Swarm communication fabric, the interprocessor communication fabric used on the WSE, achieves breakthrough bandwidth and low latency at a fraction of the power draw of the traditional communication techniques. Swarm provides a low-latency, high-bandwidth, 2D mesh that links all 400,000 cores on the WSE with an aggregate 100 petabits per second of bandwidth. Swarm supports single-word active messages that can be handled by receiving cores without any software overhead.
Routing, reliable message delivery, and synchronization are handled in hardware. Messages automatically activate application handlers for every arriving message. Swarm provides a unique, optimized communication path for each neural network. Software configures the optimal communication path through the 400,000 cores to connect processors according to the structure of the particular user-defined neural network being run.

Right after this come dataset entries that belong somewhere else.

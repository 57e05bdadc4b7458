//! The shapes of a picture, each a line of SVG.
//!
//! A line of SVG is written by a function for its shape, since each `write!` is proved anew where it is
//! written.

use crate::looks::{Ground, Look};
use crate::texts::put_text;
use picture_layout::layout::{HALF, LANE, Pixels};
use std::io;
use std::io::Write;

/// How high the bar is that marks a thread inside a section.
const BAR: Pixels = Pixels(3);

/// A rectangle.
#[derive(Clone, Copy)]
pub struct Area {
    pub x: Pixels,
    pub y: Pixels,
    pub width: Pixels,
    pub height: Pixels,
}

impl Area {
    /// Returns the upper half.
    pub fn upper(self) -> Area {
        Area {
            height: HALF,
            ..self
        }
    }

    /// Returns what is half a lane below.
    pub fn lower(self) -> Area {
        Area {
            y: self.y + HALF,
            height: HALF,
            ..self
        }
    }

    /// Returns the bar along the foot, so far below the top.
    pub fn bar(self, below: Pixels) -> Area {
        Area {
            y: self.y + below,
            height: BAR,
            ..self
        }
    }
}

/// Writes a rectangle of a class.
pub fn put_rect<W: Write>(out: &mut W, class: &str, area: Area) -> io::Result<()> {
    let Area {
        x,
        y,
        width,
        height,
    } = area;
    writeln!(
        out,
        "<rect class=\"{class}\" x=\"{x}\" y=\"{y}\" width=\"{width}\" height=\"{height}\"/>"
    )
}

/// Writes a text of a class, whose base begins here.
pub fn put_label<W: Write>(
    out: &mut W,
    class: &str,
    x: Pixels,
    base: Pixels,
    text: &[u8],
) -> io::Result<()> {
    write!(out, "<text class=\"{class}\" x=\"{x}\" y=\"{base}\">")?;
    put_text(out, text)?;
    out.write_all(b"</text>\n")
}

/// Writes a text of a class that is upright, whose base ends here.
pub fn put_upright<W: Write>(
    out: &mut W,
    class: &str,
    x: Pixels,
    foot: Pixels,
    text: &[u8],
) -> io::Result<()> {
    write!(
        out,
        "<text class=\"{class}\" transform=\"translate({x} {foot}) rotate(-90)\" x=\"2\">"
    )?;
    put_text(out, text)?;
    out.write_all(b"</text>\n")
}

/// Writes the letter of a right or a deed into the cell that begins here.
pub fn put_letter<W: Write>(out: &mut W, look: Look, x: Pixels, area: Area) -> io::Result<()> {
    if look.letter.is_empty() {
        return Ok(());
    }
    let is_low = area.height < LANE.less(HALF) + Pixels(1);
    if look.ground == Ground::Hatched {
        put_rect(out, "backing", backing(x, area, is_low))?;
    }
    let size = if is_low { " small" } else { "" };
    let light = if look.ground == Ground::Dark {
        " light"
    } else {
        ""
    };
    let (letter, x) = (look.letter, x + Pixels(8));
    let base = area.y + if is_low { Pixels(7) } else { Pixels(13) };
    writeln!(
        out,
        "<text class=\"letter{size}{light}\" x=\"{x}\" y=\"{base}\">{letter}</text>"
    )
}

/// Returns the light ground of a letter on a hatch.
fn backing(x: Pixels, area: Area, is_low: bool) -> Area {
    Area {
        x: x + Pixels(4),
        y: area.y + if is_low { Pixels(1) } else { Pixels(4) },
        width: Pixels(8),
        height: if is_low { Pixels(8) } else { Pixels(12) },
    }
}

/// Writes the mark of a thread that takes a step, whose tip is here. One that can't take it has a
/// hollow mark.
pub fn put_marker<W: Write>(out: &mut W, x: Pixels, y: Pixels, is_taken: bool) -> io::Result<()> {
    let class = if is_taken { "mark" } else { "mark hollow" };
    writeln!(out, "<path class=\"{class}\" d=\"M{x} {y}l-4 -6h8z\"/>")
}
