// A text that is read up to a line.
struct Parser {
    alloc: Global,
    // Whether a line was read.
    is_begun: bool,
    threads: Threads,
    locks: Locks,
    lock_lines: Vec<u32>,
    variables: Variables,
    constants: Constants,
    // The lines of the locks, as a schedule has them.
    header: String,
    // The threads that run the section, none before the first `thread` line.
    runners: Vec<usize>,
    // The line of the block of each thread, 0 before it.
    blocks: Vec<u32>,
    section: Section,
    code: Vec<Vec<Instruction>>,
    lines: Vec<Vec<u32>>,
    properties: Vec<Property>,
    property_lines: Vec<u32>,
    endings: Vec<Ending>,
}

// By hand: a derived drop is written out at each exit of each function that owns one.
impl Drop for Parser {
    fn drop(self) {
        let Parser {
            alloc: _,
            is_begun: _,
            threads: _,
            locks: _,
            lock_lines: _,
            variables: _,
            constants: _,
            header: _,
            runners: _,
            blocks: _,
            section: _,
            code: _,
            lines: _,
            properties: _,
            property_lines: _,
            endings: _,
        } = self;
    }
}

/// Reads a program.
///
/// # Errors
///
/// `Malformed`, which names the first line that is wrong, a word of it, and what is expected.
/// `NoMemory`, where memory was refused.
pub fn parse(alloc: Global, text: &str) -> Result<ProgramText, TextError> {
    let mut parser = Parser::new(alloc);
    let mut last = 1u32;
    for line in text.split('\n') {
        let words = words_of(alloc, line)?;
        parser.line(last, words.as_slice())?;
        last = last.wrapping_add(1);
    }
    parser.end(last.wrapping_sub(1))
}
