//! Waits on a condition variable that are begun again where they are refused.
//!
//! A condition variable refuses a wait while others wait on it with another mutex. Those of a
//! monitor are used with its own mutex alone. No contract knows that.
ghost use Rattle.std.specs.Prelude.{◌≡◌, false, true};
ghost use Rattle.std.specs.Iterator.Runs.{CallKeepsClosure};
ghost use Rattle.std.specs.Sync.Condvar.{AnsweredAt, StoppedAt};
ghost use Rattle.core_clocks.specs.Clocks.{HasPassed};
ghost use Rattle.lock_raw.specs.Answers.{late_answer};
ghost use Rattle.lock_api.specs.Conditions.{WaitedOrNot};
ghost use Rattle.lock_api.specs.Guards.{lock_of, value_of};
ghost use Rattle.lock_monitor.specs.Conditions.{WaitsAtLast, WaitsOften, WaitsOftenInTime};
ghost use Rattle.spec_locks.specs.declared.outcomes.Answer.TheVariants as answers;

use core_clocks::Clock;
use lock_api::condvar::TokenOf;
use lock_api::{Condvar, MutexGuard, RawCondvar, RawCondvarTimed};
use std::sync::Wait;

/// Waits to be notified, as often as that is refused.
pub(crate) fn wait_on<'a, R: RawCondvar, W: Wait, T>(
    condvar: &Condvar<R>,
    rt: &W,
    token: &mut TokenOf<R>,
    mut guard: MutexGuard<'a, R::RawMutex, T>,
) -> MutexGuard<'a, R::RawMutex, T>
    requires token { R.RawMutex.is_token_of (R.lot_of condvar.now) token.old }
    requires lot { R.RawMutex.lot_of (lock_of guard) ≡ R.lot_of condvar.now }
    ensures token { R.RawMutex.is_token_of (R.lot_of condvar.now) token.new
        × R.RawMutex.keeps_rights token.old token.new }
    ensures guard { lock_of result ≡ lock_of guard.entry }
    ensures path { WaitsAtLast (R.waited condvar.now (lock_of guard.entry) false)
        answers.Ok token.old token.new }
{
    for _ in rt.forever() {
        match condvar.wait(rt, token, guard) {
            Ok(back) => return back,
            Err((_, back)) => guard = back,
        }
    }
    unreachable!()
}

/// Waits so for as long as the condition holds of the value.
pub(crate) fn wait_while_on<'a, R: RawCondvar, W: Wait, T, F: FnMut(&mut T) -> bool + Drop>(
    condvar: &Condvar<R>,
    rt: &W,
    token: &mut TokenOf<R>,
    mut guard: MutexGuard<'a, R::RawMutex, T>,
    mut condition: F,
) -> MutexGuard<'a, R::RawMutex, T>
    requires token { R.RawMutex.is_token_of (R.lot_of condvar.now) token.old }
    requires lot { R.RawMutex.lot_of (lock_of guard) ≡ R.lot_of condvar.now }
    requires callable { F.IsAlwaysCallable condition }
    ensures token { R.RawMutex.is_token_of (R.lot_of condvar.now) token.new
        × WaitedOrNot R.RawMutex.keeps_rights token.old token.new }
    ensures guard { lock_of result ≡ lock_of guard.entry }
    ensures path { WaitsOften (R.waited condvar.now (lock_of guard.entry) false)
        answers.Ok token.old token.new }
    ensures ended { StoppedAt F.step (CallKeepsClosure F.FnMut condition) condition
        (value_of result) }
{
    for _ in rt.forever() {
        if !condition(&mut *guard) {
            return guard;
        }
        guard = wait_on(condvar, rt, token, guard);
    }
    unreachable!()
}

/// Waits as `wait_on` does, or up to a deadline. Tells whether the clock had come to it.
pub(crate) fn wait_until_on<'a, R: RawCondvarTimed, W: Wait, C: Clock, T>(
    condvar: &Condvar<R>,
    rt: &W,
    token: &mut TokenOf<R>,
    mut guard: MutexGuard<'a, R::RawMutex, T>,
    clock: &C,
    deadline: u64,
) -> (MutexGuard<'a, R::RawMutex, T>, bool)
    requires token { R.RawMutex.is_token_of (R.lot_of condvar.now) token.old }
    requires lot { R.RawMutex.lot_of (lock_of guard) ≡ R.lot_of condvar.now }
    ensures token { R.RawMutex.is_token_of (R.lot_of condvar.now) token.new
        × R.RawMutex.keeps_rights token.old token.new }
    ensures guard { lock_of result.0 ≡ lock_of guard.entry }
    ensures path { WaitsAtLast (R.waited condvar.now (lock_of guard.entry) true)
        (late_answer result.1) token.old token.new }
    ensures late { result.1 ≡ true → HasPassed (C.tells clock.now) deadline }
{
    for _ in rt.forever() {
        match condvar.wait_until(rt, token, guard, clock, deadline) {
            Ok((back, ended)) => return (back, ended.timed_out()),
            Err((_, back)) => guard = back,
        }
    }
    unreachable!()
}

/// Waits as `wait_while_on` does, or up to a deadline. The condition is called once more then, and
/// the result tells whether it still held.
pub(crate) fn wait_while_until_on<
    'a,
    R: RawCondvarTimed,
    W: Wait,
    C: Clock,
    T,
    F: FnMut(&mut T) -> bool + Drop,
>(
    condvar: &Condvar<R>,
    rt: &W,
    token: &mut TokenOf<R>,
    mut guard: MutexGuard<'a, R::RawMutex, T>,
    mut condition: F,
    clock: &C,
    deadline: u64,
) -> (MutexGuard<'a, R::RawMutex, T>, bool)
    requires token { R.RawMutex.is_token_of (R.lot_of condvar.now) token.old }
    requires lot { R.RawMutex.lot_of (lock_of guard) ≡ R.lot_of condvar.now }
    requires callable { F.IsAlwaysCallable condition }
    ensures token { R.RawMutex.is_token_of (R.lot_of condvar.now) token.new
        × WaitedOrNot R.RawMutex.keeps_rights token.old token.new }
    ensures guard { lock_of result.0 ≡ lock_of guard.entry }
    ensures path { WaitsOftenInTime (R.waited condvar.now (lock_of guard.entry) true)
        token.old token.new }
    ensures ended { AnsweredAt F.step (CallKeepsClosure F.FnMut condition) condition
        result.1 (value_of result.0) }
    ensures late { result.1 ≡ true → HasPassed (C.tells clock.now) deadline }
{
    let mut late = false;
    for _ in rt.forever() {
        let holds = condition(&mut *guard);
        if late || !holds {
            return (guard, holds);
        }
        let (back, ended) = wait_until_on(condvar, rt, token, guard, clock, deadline);
        guard = back;
        late = ended;
    }
    unreachable!()
}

Typical messages traverse one hardware link with nanosecond latency. The aggregate bandwidth across a Cerebras WSE is 100 petabits per second. Communication software such as TCP/IP and MPI is not needed, so their performance penalties are avoided. The energy cost of communication in this architecture is well under 1 picojoule per bit, which is nearly two orders of magnitude lower than in graphics processing units. With a combination of massive bandwidth and exceptionally low latency, the Swarm communication fabric enables the Cerebras WSE to learn faster than any currently available solutions.
Cerebras has started shipping the hardware to a small number of customers.It has not yet revealed how much the chips cost.